Adam Magyar met la ville en pose

Nous pouvons tous nous reconnaître dans les photos d’Adam Magyar.
En déplacement quotidien sur un quai de métro ou un trottoir, nous faisons partie d’une masse en mouvement dans laquelle le photographe parvient à redonner à chacun sa personnalité. En offrant une pause dans l’euphorie des transports bondés et du flot des citadins dans la rue, le photographe dévoile un sens nouveau au mouvement des villes. En détournant l’espace et le temps, Adam Magyar révèle de nouvelles dimensions dans notre routine de mobilité.

"Le facteur temps est essentiel, autant dans nos vies personnelles que pour l’humanité, en tant que communauté."

Grâce à son appareil-photo (l’outil idéal pour déjouer le temps et tordre l’espace), Adam Magyar rejoue à contretemps le déplacement incessant des citadins. Toutes ces personnes évoluent dans une même direction en formant une masse, mais avec un peu de recul, on peut observer chaque personnalité dans son individualité.
Il peut ainsi montrer par ses photos, que les trajets sont des rencontres entre les individus, parfois à leur insu. Adam Magyar nous convie à cette découverte et nous incite à ouvrir les yeux. Différemment.

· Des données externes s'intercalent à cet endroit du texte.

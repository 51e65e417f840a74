//! A host takes the items of a page one after the other.
ghost use Rattle.std.specs.Prelude.{◌≡◌, ◌≤◌, ◌<◌, ◌++◌, ◌∷◌, [], ℕ, List, length, slice_get, Some, false, IfOk, OnOk};
ghost use Rattle.trace_reader.specs.Said.{Said, a_swap};
ghost use Rattle.page_plan.specs.Loadable.{IsLoadable, IsSwapLoadable};
ghost use Rattle.page_plan.specs.declared.PageSpec.{PageSpec as PageSpecOf};
ghost use Rattle.page_plan.specs.declared.SlotContent.{SlotContent as SlotContentOf};
ghost use Rattle.page_play.specs.Housed.{IsHoused, IsItem, chains, ends, given, libraries, marked, names};
ghost use Rattle.page_play.specs.Settled.{said_of};
ghost use Rattle.page_live.specs.Living.{IsLive};

use code_units::Memory;
use keyed_names::Keys;
use page_plan::{PageSpec, SlotContent};
use page_play::{Host, HostItem, given_lives, loaded_lives, swapped_lives};
use std::alloc::Global;
use turn_sched::RoundRobin;

/// A host of this page: it is loaded, and rounds of posts follow to their end. The keys are those of
/// `Host::load`, and a
/// pick runs `slice` units. The only error is want of memory.
pub fn load_page(alloc: Global, keys: Keys, spec: PageSpec, slice: u32) -> Result<Host, Memory>
    requires some { 1 ≤ slice }
    requires loadable { IsLoadable spec }
    ensures { IfOk result (IsLive spec [] []) }
{
    loaded_lives();
    let mut host = Host::load(alloc, keys, spec)?;
    let mut chooser = RoundRobin::new(alloc, 0)?;
    host.rounds(alloc, &mut chooser, slice)?;
    Ok(host)
}

/// An event or an advance is given, and rounds of posts follow to their end. The only error is want of memory, and it
/// leaves the host marked.
pub fn give_item(alloc: Global, host: &mut Host, item: HostItem, slice: u32) -> Result<(), Memory>
    requires some { 1 ≤ slice }
    requires housed { IsHoused host.old }
    requires unmarked { marked host.old ≡ false }
    requires room { given host.old < 4096 }
    requires shape { IsItem item (length (chains host.old)) }
    ensures { OnOk result ((spec : PageSpecOf) (swaps : List SlotContentOf) (items : List Said)
        → IsLive spec swaps items host.old → IsLive spec swaps (items ++ said_of item ∷ []) host.new) }
{
    given_lives();
    host.give(item)?;
    let mut chooser = RoundRobin::new(alloc, 0)?;
    host.rounds(alloc, &mut chooser, slice)?;
    Ok(())
}

/// A swap of a slot that brings this content is given, and rounds of posts follow to their end. The error is as that of
/// `give_item`.
pub fn give_swap(
    alloc: Global,
    host: &mut Host,
    to: u32,
    content: SlotContent,
    slice: u32,
) -> Result<(), Memory>
    requires some { 1 ≤ slice }
    requires housed { IsHoused host.old }
    requires unmarked { marked host.old ≡ false }
    requires room { given host.old < 4096 }
    requires there { to < length (chains host.old) }
    requires few { length (ends host.old) < 4 }
    requires loadable { (name : List ℕ) → slice_get (names host.old) to ≡ Some name
        → IsSwapLoadable (length (libraries host.old)) name content }
    ensures { OnOk result ((spec : PageSpecOf) (swaps : List SlotContentOf) (items : List Said) (file : List ℕ)
        → IsLive spec swaps items host.old
        → IsLive spec (swaps ++ content ∷ []) (items ++ a_swap to file ∷ []) host.new) }
{
    swapped_lives();
    host.give_swap(alloc, to, content)?;
    let mut chooser = RoundRobin::new(alloc, 0)?;
    host.rounds(alloc, &mut chooser, slice)?;
    Ok(())
}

Le monde citadin de Magyar

Le photographe décrit ainsi sa vision du monde :
Le facteur temps est essentiel, autant dans nos vies personnelles que pour l’humanité, en tant que communauté. Je m'intéresse davantage dans la scénographie de notre propre fugacité. Dans mon travail, je capture le temps limité de l’Homme dans l’infinité. Dans mes images, “j’immortalise” une situation où on observe les gens avec de la distance. Je les décris alors comme des particules dans un système. L’observateur de cette scène est une personne imaginaire, qui regarde l’ensemble comme un outsider, étant exempt des règles du temps”.

Dans ses fameux projets STAINLESS (ralenti extrême), URBAN FLOW (technique photo particulière figeant les mouvements) et SQUARE (la création numérique de foules artificielles), le photographe explore les masses mobiles dans des tunnels, sur des quais de métro, traversant des halls.
Pourtant la mobilité urbaine ne se réduit pas à ces ambiances confinées et on espère qu’Adam Magyar tournera bientôt son appareil-photo vers la surface où circulent vélos et trottinettes, à l’air libre. D’autres formes de mouvements à explorer visuellement pour l’artiste…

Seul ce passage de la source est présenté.